▼▼▼
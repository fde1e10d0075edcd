//! Runs of a workload: it is read, driven on threads, settled and reported. `laws` has the laws of runs.
#![tactic(auto)]

pub mod laws;
mod runs;

pub use runs::{Ran, RunError, run, run_with, settled_run};
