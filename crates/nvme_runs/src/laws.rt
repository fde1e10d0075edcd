//! Laws of runs, over the public contract alone. Each function does nothing: its contract is the law.
ghost use Rattle.nvme_runs.specs.Laws.{LoadedRunsAreOne, FrontFaultsAreStrays, RunsAnswerAsForeseen};

/// A loaded run is a function of its workload: two runs of one text with `Mode::Loaded` have the same report, whatever
/// the numbers of their workers and whatever the schedule of their threads.
pub fn loaded_runs_are_one()
    ensures { LoadedRunsAreOne }
{}

/// The only fault of the front that a run can answer is a result that no job waits for. Its log is never full, since a
/// workload has too few commands to fill it.
pub fn front_faults_are_strays()
    ensures { FrontFaultsAreStrays }
{}

/// The completion of each admin command of a run has the status that follows from the commands before it in its script.
pub fn runs_answer_as_foreseen()
    ensures { RunsAnswerAsForeseen }
{}
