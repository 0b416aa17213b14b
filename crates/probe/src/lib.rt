// The calls of the other crates for the comparisons to link. Each answer is one number.
// Kept: `as` between usize and u64, since there is no `From` between them.
#![tactic(auto)]

ghost use Rattle.std.specs.Prelude.{◌≡◌, ◌<◌, ◌≤◌, ◌^◌, length};
ghost use Rattle.std.specs.Result.{MatchResult};
ghost use Rattle.record.specs.Bytes.{most_records};
ghost use Rattle.record.specs.Refusals.{line_of};
ghost use Rattle.text.specs.Text.{book, request, read_of, write_of, byte_at, text_at, output_after};
ghost use Rattle.text.specs.Wrong.{zeroed};
ghost use Rattle.judge.specs.Judge.{judge_of};
ghost use Rattle.judge.specs.Request.{judge_request_of};
ghost use Rattle.probe.specs.Packed.{packed_of};
ghost use Rattle.probe.specs.Judgements.{book_packed};

use record::Refusal;

// Where the fields of a number start: the count, and a book's obligations above it.
const COUNT: u64 = 256;

const OBLIGATIONS: u64 = 16777216;

// An answer in one number.
#[tactic(auto, unfolding(crate::specs::Packed::packed_of))]
fn packed(answer: Result<usize, Refusal>) -> u64
    requires { MatchResult answer (λ m. m < 2 ^ 56) (λ r. line_of r ≤ most_records) }
    ensures { result ≡ packed_of answer }
{
    match answer {
        Ok(m) => COUNT * m as u64,
        Err(refusal) => record::refusal_number(refusal),
    }
}

// Kept: a function for each call, also where two differ in the kind alone, since `probe_c` and the comparisons link each by its name.
#[tactic(auto, using(crate::proofs::Laws::read_fits))]
pub fn probe_read_book(text: &[u8], out: &mut [u8]) -> u64
    ensures { (result ≡ packed_of (read_of book text.now (length out.old))) × (out.new ≡ output_after (byte_at text.now) (read_of book text.now (length out.old)) out.old) }
{
    packed(text::read_book(text, out))
}

#[tactic(auto, using(crate::proofs::Laws::read_fits))]
pub fn probe_read_request(text: &[u8], out: &mut [u8]) -> u64
    ensures { (result ≡ packed_of (read_of request text.now (length out.old))) × (out.new ≡ output_after (byte_at text.now) (read_of request text.now (length out.old)) out.old) }
{
    packed(text::read_request(text, out))
}

#[tactic(auto, using(crate::proofs::Laws::write_fits))]
pub fn probe_write_book(records: &[u8], out: &mut [u8]) -> u64
    ensures { (result ≡ packed_of (write_of book records.now (length out.old))) × (out.new ≡ output_after (text_at records.now) (write_of book records.now (length out.old)) out.old) }
{
    packed(text::write_book(records, out))
}

#[tactic(auto, using(crate::proofs::Laws::write_fits))]
pub fn probe_write_request(records: &[u8], out: &mut [u8]) -> u64
    ensures { (result ≡ packed_of (write_of request records.now (length out.old))) × (out.new ≡ output_after (text_at records.now) (write_of request records.now (length out.old)) out.old) }
{
    packed(text::write_request(records, out))
}

pub fn probe_zero_wrong(text: &mut [u8])
    ensures { text.new ≡ zeroed text.old }
{
    text::zero_wrong(text);
}

#[tactic(auto, unfolding(crate::specs::Packed::packed_of, crate::specs::Judgements::book_packed))]
pub fn probe_judge_book(book: &[u8]) -> u64
    ensures { result ≡ book_packed (judge_of book.now) }
{
    match judge::judge_book(book) {
        Ok(accepted) => COUNT * accepted.records as u64 + OBLIGATIONS * accepted.obligations as u64,
        Err(refusal) => record::refusal_number(refusal),
    }
}

#[tactic(auto, using(crate::proofs::Judgements::request_fits))]
pub fn probe_judge_request(request: &[u8]) -> u64
    ensures { result ≡ packed_of (judge_request_of request.now) }
{
    packed(judge::judge_request(request))
}
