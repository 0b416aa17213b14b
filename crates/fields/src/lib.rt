// The field rules of records and of a request's entries.
#![tactic(auto)]

ghost use Rattle.std.specs.Prelude.{◌≡◌, ◌+◌, ◌*◌, ◌≤◌, length};
ghost use Rattle.record.specs.Bytes.{size};
ghost use Rattle.fields.specs.First.{first_from};
ghost use Rattle.fields.specs.Fields.{kind_of, kind_at, category_ok, type_of, type_at, finite, value_ok, function_ok, zeros, plain_ok, section_ok, compares_ok, obligation_ok, literal_ok, attribute_ok, rules_of, field_ok, obligations_of};
ghost use Rattle.fields.specs.Entries.{entry_ok};

use record::choice::COMPARES;
use record::kind::{CONDITION, CONJUNCTION, MATCH, OBLIGATION, POLICY, RULE, SECTION, SET, VALUE};
use record::{SIZE, big2, big4, big8, byte, span};

#[derive(Clone, Copy, PartialEq, Eq)]
pub enum Kind {
    PolicySet,
    Policy,
    Rule,
    Section,
    Conjunction,
    Match,
    Logic,
    Not,
    Comparison,
    Weighing,
    Obligation,
    Literal,
    Attribute,
    Operator,
    Nothing,
}

#[derive(Clone, Copy, PartialEq, Eq)]
pub enum Sort {
    Integer,
    Name,
    Double,
    Other,
}

// What a record of kind k and choice c is.
#[tactic(auto, unfolding(crate::specs::Fields::kind_of))]
pub fn kind_of(k: usize, c: usize) -> Kind
    ensures { result ≡ kind_of k c }
{
    match (k, c) {
        (SET, 1..=4) => Kind::PolicySet,
        (POLICY, 1..=3) => Kind::Policy,
        (RULE, 1..=2) => Kind::Rule,
        (SECTION, 0) => Kind::Section,
        (CONJUNCTION, 0) => Kind::Conjunction,
        (MATCH, 1..=5) => Kind::Match,
        (CONDITION, 1..=2) => Kind::Logic,
        (CONDITION, 3) => Kind::Not,
        (CONDITION, 11..=15) => Kind::Comparison,
        (CONDITION, 21..=25) => Kind::Weighing,
        (OBLIGATION, 1..=2) => Kind::Obligation,
        (VALUE, 1) => Kind::Literal,
        (VALUE, 2) => Kind::Attribute,
        (VALUE, 3..=8) => Kind::Operator,
        _ => Kind::Nothing,
    }
}

// What record i is.
#[tactic(auto, unfolding(crate::specs::Fields::kind_at))]
pub fn kind_at(book: &[u8], i: usize) -> Kind
    requires { (i + 1) * size ≤ length book.now }
    ensures { result ≡ kind_at book.now i }
{
    kind_of(byte(book, i, 0), byte(book, i, 1))
}

fn category_ok(c: usize) -> bool
    ensures { result ≡ category_ok c }
{
    matches!(c, 1..=4)
}

#[tactic(auto, unfolding(crate::specs::Fields::type_of))]
pub fn type_of(t: usize) -> Sort
    ensures { result ≡ type_of t }
{
    match t {
        1 => Sort::Integer,
        2 => Sort::Name,
        3 => Sort::Double,
        _ => Sort::Other,
    }
}

// The type of record i.
#[tactic(auto, unfolding(crate::specs::Fields::type_at))]
pub fn type_at(book: &[u8], i: usize) -> Sort
    requires { (i + 1) * size ≤ length book.now }
    ensures { result ≡ type_at book.now i }
{
    type_of(byte(book, i, 5) % 128)
}

// Whether the value of record i, as a double, is finite.
#[tactic(auto, unfolding(crate::specs::Fields::finite))]
fn is_finite(book: &[u8], i: usize) -> bool
    requires { (i + 1) * size ≤ length book.now }
    ensures { result ≡ finite book.now i }
{
    value::finite(big8(book, i * SIZE + 8))
}

fn value_ok(t: Sort, fin: bool) -> bool
    ensures { result ≡ value_ok t fin }
{
    match t {
        Sort::Integer | Sort::Name => true,
        Sort::Double => fin,
        Sort::Other => false,
    }
}

fn function_ok(t: Sort, f: usize) -> bool
    ensures { result ≡ function_ok t f }
{
    t != Sort::Name || f == 1
}

// Whether the bytes of record i from its issuer on are zero.
#[tactic(auto, using(crate::proofs::Laws::zeros_big))]
fn no_issuer(book: &[u8], i: usize) -> bool
    requires { (i + 1) * size ≤ length book.now }
    ensures { result ≡ zeros book.now i 16 size }
{
    big4(book, i * SIZE + 16) == 0
}

// Whether the bytes of record i from 8 on are zero.
#[tactic(auto, using(crate::proofs::Laws::from_8))]
fn back_zero(book: &[u8], i: usize) -> bool
    requires { (i + 1) * size ≤ length book.now }
    ensures { result ≡ zeros book.now i 8 size }
{
    big8(book, i * SIZE + 8) == 0 && no_issuer(book, i)
}

// Whether the bytes of record i behind its issuer are zero.
#[tactic(auto, using(crate::proofs::Laws::zeros_big))]
fn end_zero(book: &[u8], i: usize) -> bool
    requires { (i + 1) * size ≤ length book.now }
    ensures { result ≡ zeros book.now i 18 size }
{
    big2(book, i * SIZE + 18) == 0
}

// A record that uses no byte but kind, choice and span, the span being at least s.
#[tactic(auto, using(crate::proofs::Laws::from_4), unfolding(crate::specs::Fields::plain_ok))]
pub fn plain_ok(book: &[u8], i: usize, s: usize) -> bool
    requires { (i + 1) * size ≤ length book.now }
    ensures { result ≡ plain_ok book.now i s }
{
    s <= span(book, i) && big4(book, i * SIZE + 4) == 0 && back_zero(book, i)
}

// A section.
#[tactic(auto, using(crate::proofs::Laws::from_5), unfolding(crate::specs::Fields::section_ok))]
pub fn section_ok(book: &[u8], i: usize) -> bool
    requires { (i + 1) * size ≤ length book.now }
    ensures { result ≡ section_ok book.now i }
{
    2 <= span(book, i)
        && category_ok(byte(book, i, 4))
        && byte(book, i, 5) == 0
        && big2(book, i * SIZE + 6) == 0
        && back_zero(book, i)
}

// A match or comparison by function f.
#[tactic(auto, unfolding(crate::specs::Fields::compares_ok))]
pub fn compares_ok(book: &[u8], i: usize, f: usize) -> bool
    requires { (i + 1) * size ≤ length book.now }
    ensures { result ≡ compares_ok book.now i f }
{
    let t = type_at(book, i);
    span(book, i) == 1
        && category_ok(byte(book, i, 4))
        && value_ok(t, is_finite(book, i))
        && function_ok(t, f)
        && end_zero(book, i)
}

// An obligation.
#[tactic(auto, using(crate::proofs::Laws::zeros_big), unfolding(crate::specs::Fields::obligation_ok))]
pub fn obligation_ok(book: &[u8], i: usize) -> bool
    requires { (i + 1) * size ≤ length book.now }
    ensures { result ≡ obligation_ok book.now i }
{
    span(book, i) == 1 && big2(book, i * SIZE + 4) == 0 && back_zero(book, i)
}

// A literal.
#[tactic(auto, using(crate::proofs::Laws::zeros_one, crate::proofs::Laws::zeros_big), unfolding(crate::specs::Fields::literal_ok))]
pub fn literal_ok(book: &[u8], i: usize) -> bool
    requires { (i + 1) * size ≤ length book.now }
    ensures { result ≡ literal_ok book.now i }
{
    span(book, i) == 1
        && byte(book, i, 4) == 0
        && value_ok(type_of(byte(book, i, 5)), is_finite(book, i))
        && big2(book, i * SIZE + 6) == 0
        && no_issuer(book, i)
}

// An attribute.
#[tactic(auto, using(crate::proofs::Laws::zeros_big), unfolding(crate::specs::Fields::attribute_ok))]
pub fn attribute_ok(book: &[u8], i: usize) -> bool
    requires { (i + 1) * size ≤ length book.now }
    ensures { result ≡ attribute_ok book.now i }
{
    span(book, i) == 1
        && category_ok(byte(book, i, 4))
        && value_ok(type_at(book, i), true)
        && big8(book, i * SIZE + 8) == 0
        && end_zero(book, i)
}

pub fn rules(book: &[u8], i: usize, k: Kind) -> bool
    requires { (i + 1) * size ≤ length book.now }
    ensures { result ≡ rules_of book.now i k }
{
    match k {
        Kind::PolicySet
        | Kind::Policy
        | Kind::Rule
        | Kind::Logic
        | Kind::Weighing
        | Kind::Operator => plain_ok(book, i, 1),
        Kind::Conjunction | Kind::Not => plain_ok(book, i, 2),
        Kind::Section => section_ok(book, i),
        Kind::Match => compares_ok(book, i, byte(book, i, 1)),
        Kind::Comparison => compares_ok(book, i, byte(book, i, 1).saturating_sub(COMPARES)),
        Kind::Obligation => obligation_ok(book, i),
        Kind::Literal => literal_ok(book, i),
        Kind::Attribute => attribute_ok(book, i),
        Kind::Nothing => false,
    }
}

// The field rules of record i.
#[tactic(auto, unfolding(crate::specs::Fields::field_ok))]
pub fn field_ok(book: &[u8], i: usize) -> bool
    requires { (i + 1) * size ≤ length book.now }
    ensures { result ≡ field_ok book.now i }
{
    rules(book, i, kind_at(book, i))
}

// The records before the first that breaks a field rule, and how many of them are obligations.
#[derive(Clone, Copy)]
pub struct Kept {
    pub records: usize,
    pub obligations: usize,
}

// How many of n records keep the field rules before one breaks them.
#[tactic(auto, using(crate::proofs::First::search_steps, crate::proofs::Laws::obligations_none, crate::proofs::Laws::obligations_more))]
pub fn first_field(book: &[u8], n: usize) -> Kept
    requires { n * size ≤ length book.now }
    ensures { (result.records ≡ first_from (field_ok book.now) 0 n) × (result.records ≤ n) × (result.obligations ≡ obligations_of book.now result.records) }
{
    let mut obligations = 0;
    for records in 0..n {
        if !field_ok(book, records) {
            return Kept {
                records,
                obligations,
            };
        }
        obligations += usize::from(byte(book, records, 0) == OBLIGATION);
    }
    Kept {
        records: n,
        obligations,
    }
}

// The field rules of entry i.
#[tactic(auto, using(crate::proofs::Laws::zeros_big), unfolding(crate::specs::Entries::entry_ok))]
fn entry_ok(request: &[u8], i: usize) -> bool
    requires { (i + 1) * size ≤ length request.now }
    ensures { result ≡ entry_ok request.now i }
{
    category_ok(byte(request, i, 0))
        && value_ok(type_of(byte(request, i, 1)), is_finite(request, i))
        && big4(request, i * SIZE + 4) == 0
        && end_zero(request, i)
}

// The first of n entries that breaks a field rule; n where none does.
// Kept: no `Option`, here and above, since n is what `first_from` gives there, and docs/CONTRACTS.md names `first_entry` and `first_field`.
#[tactic(auto, using(crate::proofs::First::search_steps))]
pub fn first_entry(request: &[u8], n: usize) -> usize
    requires { n * size ≤ length request.now }
    ensures { (result ≡ first_from (entry_ok request.now) 0 n) × (result ≤ n) }
{
    for i in 0..n {
        if !entry_ok(request, i) {
            return i;
        }
    }
    n
}
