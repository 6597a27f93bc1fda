// The frame of the plan and the job list that lie in the bytes of a host; the stages are lent where they lie. Any bytes hold some: whether they are
// sound and agree is asked by whoever uses them.
#![tactic(auto)]

ghost use Rattle.std.specs.Prelude.{◌≡◌, length};
ghost use Rattle.model.specs.Limits.{max_rows};
ghost use Rattle.events.specs.JobList.{empty_list};
ghost use Rattle.plan_bytes.specs.Over.{entries_in};
ghost use Rattle.internals.specs.JobNumbers.{jobs_laid};
ghost use Rattle.cell_layout.specs.Layout.{value_of, bound_size, size_of, bounds_part, frame_in, list_in};

use crate::entries::{bound_at, bytes, job_from, number_at};
use cell_layout::{
    BOUNDS, CAPACITIES, CELL, JOB_COUNT, JOBS, LENGTHS, RANKS, RESOURCES, ROWS, STAGES, TYPES,
};
use events::JobList;
use model::Job;
use plan_bytes::Frame;
use plan_empty::empty_frame;

mod entries;

fn bounds_in(part: &[u8]) -> [u16; 32]
    requires { length part.now ≡ size_of bounds_part }
    ensures { result ≡ entries_in value_of bound_size max_rows part.now }
{
    let mut bounds = [0u16; 32];
    for i in 0..32 {
        bounds[i] = bound_at(part, 2 * i);
    }
    bounds
}

// The frame of the cell's plan; that of the empty plan where the bytes are too few.
pub fn frame_in(cell: &[u8]) -> Frame
    ensures { result ≡ frame_in cell.now }
{
    if cell.len() < CELL {
        return empty_frame();
    }
    Frame {
        resources: cell[RESOURCES],
        types: cell[TYPES],
        rows: cell[ROWS],
        capacity: bytes(&cell[CAPACITIES..RANKS]),
        rank: bytes(&cell[RANKS..BOUNDS]),
        bound: bounds_in(&cell[BOUNDS..LENGTHS]),
        lengths: bytes(&cell[LENGTHS..STAGES]),
    }
}

// What `Table::empty` holds; to take it from there, these reads would stand on all that an event does.
fn no_jobs() -> JobList
    ensures { result ≡ empty_list }
{
    let none = Job {
        number: 0,
        kind: 0,
        stage: 0,
    };
    JobList {
        count: 0,
        jobs: [none; 64],
    }
}

// How many jobs the cell counts.
pub fn count_in(cell: &[u8]) -> usize
    ensures { result ≡ (list_in cell.now).count }
{
    if cell.len() < CELL {
        return 0;
    }
    usize::from(cell[JOB_COUNT])
}

// The jobs of the cell by their numbers, three a slot, for an event that only asks them.
pub fn jobs_in(cell: &[u8]) -> [u32; 192]
    ensures { jobs_laid result ≡ (list_in cell.now).jobs }
{
    let mut jobs = [0u32; 192];
    if cell.len() < CELL {
        return jobs;
    }
    for i in 0..192 {
        jobs[i] = number_at(&cell[JOBS..CELL], 4 * i);
    }
    jobs
}

// The job list of the cell; no job where the bytes are too few. It is filled in place, so that no job is copied twice.
pub fn list_in(cell: &[u8]) -> JobList
    ensures { result ≡ list_in cell.now }
{
    let mut list = no_jobs();
    if cell.len() < CELL {
        return list;
    }
    list.count = count_in(cell);
    for i in 0..64 {
        list.jobs[i] = job_from(&cell[JOBS..CELL], 12 * i);
    }
    list
}
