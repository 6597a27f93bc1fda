// What lies in a part of the bytes: a list of bytes, a bound, a job.
ghost use Rattle.std.specs.Prelude.{◌≡◌, ◌+◌, ◌≤◌, length};
ghost use Rattle.plan_bytes.specs.Over.{bytes_from};
ghost use Rattle.cell_layout.specs.Layout.{value_of, bound_size, job_in, job_size};

use model::Job;

// A bound has two bytes.
pub(crate) fn bound_at(bounds: &[u8], at: usize) -> u16
    requires { at + bound_size ≤ length bounds.now }
    ensures { result ≡ value_of (bytes_from at bound_size bounds.now) }
{
    u16::from_le_bytes([bounds[at], bounds[at + 1]])
}

// A number of a job has four.
pub(crate) fn number_at(jobs: &[u8], at: usize) -> u32
    requires { at + 4 ≤ length jobs.now }
    ensures { result ≡ value_of (bytes_from at 4 jobs.now) }
{
    u32::from_le_bytes([jobs[at], jobs[at + 1], jobs[at + 2], jobs[at + 3]])
}

pub(crate) fn job_from(jobs: &[u8], at: usize) -> Job
    requires { at + job_size ≤ length jobs.now }
    ensures { result ≡ job_in (bytes_from at job_size jobs.now) }
{
    Job {
        number: number_at(jobs, at),
        kind: number_at(jobs, at + 4),
        stage: number_at(jobs, at + 8),
    }
}

pub(crate) fn bytes<const N: usize>(part: &[u8]) -> [u8; N]
    requires { length part.now ≡ N }
    ensures { result ≡ part.now }
{
    std::array::from_fn(|i| part[i])
}
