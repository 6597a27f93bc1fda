// The lines about a plan, put into a sink: `P`, and `Q` where it was accepted.
#![tactic(auto)]

ghost use Rattle.std.specs.Prelude.{◌≡◌};
ghost use Rattle.moves_text.specs.OutputLines.{about_check, about_text};
ghost use Rattle.plan_bytes.specs.Over.{plan_of};
ghost use Rattle.write_lines.specs.Sink.{with_text};

use plan_bytes::LentPlan;
use plan_numbers::{check_first, check_number, check_second};
use plan_upstream::upstream_check;
use write_lines::Sink;

fn put_check(plan: LentPlan<'_>, out: &mut Sink<'_>)
    ensures { out.new ≡ with_text (about_check (plan_of plan.entry)) out.old }
{
    let check = upstream_check(plan);
    out.put_check_line(check_number(check), check_first(check), check_second(check));
}

// By the number and the line of the reading, which are what is printed; 0 where the text was accepted.
#[tactic(auto, using(write_lines::proofs::Sinks::text_then, moves_text::proofs::OutputParts::about_accepted, moves_text::proofs::OutputParts::about_refused))]
pub fn put_about(number: u32, line: u32, plan: LentPlan<'_>, out: &mut Sink<'_>)
    ensures { out.new ≡ with_text (about_text number line (plan_of plan.entry)) out.old }
{
    out.put_plan_line(number, line);
    if number < 1 {
        put_check(plan, out);
    }
}
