// The drain of a job list: the earliest loaded job whose move is admitted moves, as long as there is budget.
#![tactic(auto)]

ghost use Rattle.std.specs.Prelude.{◌≡◌, ◌≤◌, ◌<◌, get_or};
ghost use Rattle.model.specs.Limits.{max_stages, max_jobs};
ghost use Rattle.model.specs.Soundness.{Sound};
ghost use Rattle.model.specs.Jobs.{no_job};
ghost use Rattle.events.specs.JobList.{Agrees};
ghost use Rattle.events.specs.Drain.{drain_from, list_drain};
ghost use Rattle.internals.specs.Internals.{ceilings_of, earliest_position, moved_at};
ghost use Rattle.plan_bytes.specs.Over.{plan_of};
ghost use Rattle.model.specs.declared.Plan.{Plan};

use events::{Answer, End, JobList, ListDrained};
use internals::{Ceilings, LentJobs};
use model::Job;
use plan_bytes::LentPlan;
use plan_stages::{length_of, stage_index};
use table_agreement::agree;
use table_jobs::{laid, with_replaced, without_job};
use table_sums::{kept_after, sums_of};

// The position of the earliest loaded job whose move is admitted. A job at its last stage can always be unloaded.
fn earliest(plan: LentPlan<'_>, t: JobList, ceilings: Ceilings) -> Option<usize>
    requires { Sound (plan_of plan) × Agrees (plan_of plan) t × (ceilings ≡ ceilings_of (plan_of plan)) }
    ensures { result ≡ earliest_position (plan_of plan.entry) t }
{
    let numbers = laid(t);
    let count = t.count;
    let jobs = LentJobs {
        count,
        numbers: &numbers,
    };
    let sums = sums_of(plan, jobs);
    for i in 0..count {
        let j = t.jobs[i];
        if length_of(&plan.frame.lengths, j.kind) == j.stage {
            return Some(i);
        }
        let from = stage_index(&plan.frame.lengths, j.kind, j.stage);
        let to = from + 1;
        if kept_after(sums, plan.stages, from, to, ceilings).is_ok() {
            return Some(i);
        }
    }
    None
}

// The list after the move of the job at this position, under any plan with these stages per type: an advance, or an unload
// at the last stage.
fn after_move(t: JobList, at: usize, lengths: &[u8; 16]) -> JobList
    requires { (at < t.count) × (t.count ≤ max_jobs) × ((get_or t.jobs at no_job).stage ≤ max_stages) }
    ensures { (p : Plan) → Sound p → Agrees p t → p.lengths ≡ lengths.now → result ≡ moved_at p t at }
{
    let j = t.jobs[at];
    if length_of(lengths, j.kind) == j.stage {
        return without_job(t, at);
    }
    let next = Job {
        stage: j.stage + 1,
        ..j
    };
    with_replaced(t, at, next)
}

// From an agreeing list: is a job left, is there budget, is some job's move admitted.
fn drain_from(plan: LentPlan<'_>, t: JobList, ceilings: Ceilings, budget: u32) -> ListDrained
    requires { Sound (plan_of plan) × Agrees (plan_of plan) t × (ceilings ≡ ceilings_of (plan_of plan)) }
    ensures { result ≡ drain_from (plan_of plan.entry) budget t }
{
    let mut t = t;
    let mut moves = 0;
    // the loop with a budget that document 01 names
    while 0 < t.count {
        if budget <= moves {
            return ListDrained {
                end: End::OutOfBudget,
                moves,
                list: t,
            };
        }
        let first = earliest(plan, t, ceilings);
        let Some(at) = first else {
            return ListDrained {
                end: End::NoMove,
                moves,
                list: t,
            };
        };
        t = after_move(t, at, &plan.frame.lengths);
        moves += 1;
    }
    ListDrained {
        end: End::Emptied,
        moves,
        list: t,
    }
}

pub fn drain(t: JobList, plan: LentPlan<'_>, budget: u32) -> ListDrained
    ensures { result ≡ list_drain (plan_of plan.entry) t budget }
{
    let numbers = laid(t);
    let jobs = LentJobs {
        count: t.count,
        numbers: &numbers,
    };
    let refusal = match agree(plan, jobs) {
        Ok(agreed) => return drain_from(plan, t, agreed.ceilings, budget),
        Err(refusal) => refusal,
    };
    match refusal {
        Answer::UnsoundPlan => ListDrained {
            end: End::UnsoundPlan,
            moves: 0,
            list: t,
        },
        _ => ListDrained {
            end: End::Disagreement,
            moves: 0,
            list: t,
        },
    }
}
▲▲▲
* The problem *
Reproduce exactly every line that sits between the start of the entries and the line bearing "same report, whatever", counting both of those lines.

* Solved exercise *
repository fde1e10d0075edcd
//! Runs of a workload: it is read, driven on threads, settled and reported. `laws` has the laws of runs.
#![tactic(auto)]

pub mod laws;
mod runs;

pub use runs::{Ran, RunError, run, run_with, settled_run};
filename crates/nvme_runs/src/laws.rt
repository fde1e10d0075edcd
//! Laws of runs, over the public contract alone. Each function does nothing: its contract is the law.
ghost use Rattle.nvme_runs.specs.Laws.{LoadedRunsAreOne, FrontFaultsAreStrays, RunsAnswerAsForeseen};

/// A loaded run is a function of its workload: two runs of one text with `Mode::Loaded` have the same report, whatever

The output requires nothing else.